L'Empereur et son image

Histoire | Des tableaux, mais aussi une mèche de cheveux, des couverts, un bicorne... L’exposition du couvent Sainte-Cécile revient sur les dernières années de l’itinéraire singulier de Napoléon. Une belle collection d’objets et d’images, qui invite à une réflexion sur le rôle de la représentation.

Benjamin Bardinet | Mardi 21 septembre 2021

Photo : Jean-Marc Blache


Intitulée Autour de la route des Alpes, l'exposition est constituée de trois sections : « la route des Alpes », « le quotidien de Napoléon » et « de la gloire à l'exil ». Pour notre part on distingue surtout deux corpus d'œuvres : d'un côté les objets, de l'autre les images. Parmi les objets, certains valent le détour pour leur valeur historique ou esthétique. On pense à cet étonnant lit pliant, à l'élégant bidet de campagne ou encore au très complet nécessaire de toilette, qui laisse imaginer que Napoléon n'était pas du genre à se négliger.

D'autres objets pourront ravir les plus fétichistes des napoléophiles : une mèche de cheveux, une théière et des couverts en argent dont il a fait usage, et même l'un des fameux bicornes qu'il portait d'une manière volontairement reconnaissable.
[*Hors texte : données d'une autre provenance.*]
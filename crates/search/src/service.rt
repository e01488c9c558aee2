// The search as a service: of a chip held as a value, and from chip text to record text.
ghost use Rattle.std.specs.Prelude.{◌≡◌};
ghost use Rattle.model.specs.Blocks.{blocks_of};
ghost use Rattle.model.specs.Meaning.{chip_of, record_of};
ghost use Rattle.text_grammar.specs.Writing.{answer_of};
ghost use Rattle.chip_text.specs.Passed.{Passed};
ghost use Rattle.chip_text.specs.Text.{read_chip};
ghost use Rattle.placement.specs.Least.{chip_record};
ghost use Rattle.search.specs.Place.{meant_found, placed_read, search_chip, place_text};

use crate::branch::search;
use crate::root::{first_fit, root};
use crate::weights::all_weights;
use chip_put::array_of;
use fit_pairs::all_dots;
use fit_slots::Direction;
use half_fit::service::first_half;
use half_fit::{HELP, POOL};
use model::{Chip, Record, Refusal};
use search_node::{Parts, no_record};
use search_tables::arrays_of;

// The parts of a chip that the search reads.
fn parts_of(c: Chip) -> Parts
    ensures { result.blocks ≡ blocks_of c }
{
    let weights = all_weights(c);
    Parts {
        blocks: model::blocks_of(c),
        weights,
    }
}

// The record of a chip whose test is passed: the search from dots alone, with no placement so far.
fn chip_record(c: Chip) -> Record
    requires { Passed c }
    ensures { record_of result ≡ chip_record (chip_of c) }
{
    let letters = all_dots();
    let p = fit_pairs::letter_count(c.n, c.k);
    let parts = parts_of(c);
    let cs = array_of(c);
    let x = arrays_of(c, Direction::Horizontal);
    let y = arrays_of(c, Direction::Vertical);
    let tx = x.tab;
    let ty = y.tab;
    let ax = x.arcs;
    let ay = y.arcs;
    let mut hx = [0u32; HELP];
    let mut hy = [0u32; HELP];
    let mut states = [0u32; POOL];
    let fx = first_half(&tx, &mut hx, &ax, &mut states, 0, 4000000000);
    let fy = first_half(&ty, &mut hy, &ay, &mut states, 1, 4000000000);
    let node = root(c, p, letters, x, y, first_fit(&cs, p, letters, fx, fy));
    search(
        &cs,
        parts,
        p,
        &tx,
        &hx,
        &ty,
        &hy,
        node,
        &states,
        0,
        &states,
        1,
        no_record(),
    )
}

// The record of a chip held as a value, into the lent buffer.
pub fn search_chip(c: Chip, out: &mut [u8]) -> Result<usize, Refusal>
    ensures { record { answer = answer_of result; buffer = out.new } ≡ search_chip (chip_of c) out.old }
{
    chip_test::test_chip(c)?;
    record_write::write_record(chip_record(c), out)
}

// What the search finds for a chip text: the chip that was read and its record.
#[derive(Clone, Copy)]
pub struct Found {
    pub chip: Chip,
    pub best: Record,
}

// The chip of a text and its record, or the refusal.
pub fn placed(text: &[u8]) -> Result<Found, Refusal>
    ensures { meant_found result ≡ placed_read (read_chip text.now) }
{
    let chip = chip_read::read_chip(text)?;
    Ok(Found {
        chip,
        best: chip_record(chip),
    })
}

// From chip text to record text.
pub fn place_text(text: &[u8], out: &mut [u8]) -> Result<usize, Refusal>
    ensures { record { answer = answer_of result; buffer = out.new } ≡ place_text text.now out.old }
{
    let found = placed(text)?;
    record_write::write_record(found.best, out)
}
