// The search for the earliest least legal placement of a chip: branches over the letters of pairs, each closed by its fit.
#![tactic(auto)]

mod branch;
mod root;
pub mod service;
mod weights;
En effet, de même que Tintin a une houpette, Marylin Monroe une mouche et Mick Jagger une grosse bouche, Napoléon est indissociable de son bicorne.

Maîtrise de l'image

Napoléon avait une pleine conscience de la nécessité de maîtriser son image pour obtenir le plébiscite du peuple, dont on commençait à se soucier de l'avis (du moins, de celui des hommes). Dans les nombreuses œuvres que propose l'exposition on voit ainsi Napoléon tour à tour impérial dans sa tenue d'apparat, jupitérien chevauchant un cheval fougueux dans une reproduction de la fameuse peinture de David, proche de ses soldats lorsqu'il manie lui-même le canon sur un champ de bataille, intellectuel dans sa bibliothèque, éternel héritier des grands empereurs romains grâce au buste commandé à Canova et enfin défait et déconfit dans le portrait posthume réalisé par Delaroche… Ajoutons à cela quelques images d'Épinal dont la large diffusion contribuait à assurer sa renommée et enfin, en clôture de parcours, un masque mortuaire. Ultime trace de cet homme politique qui n'a pas connu la photographie, mais qui avait pourtant déjà compris le rôle essentiel que jouent les images dans la conquête du pouvoir.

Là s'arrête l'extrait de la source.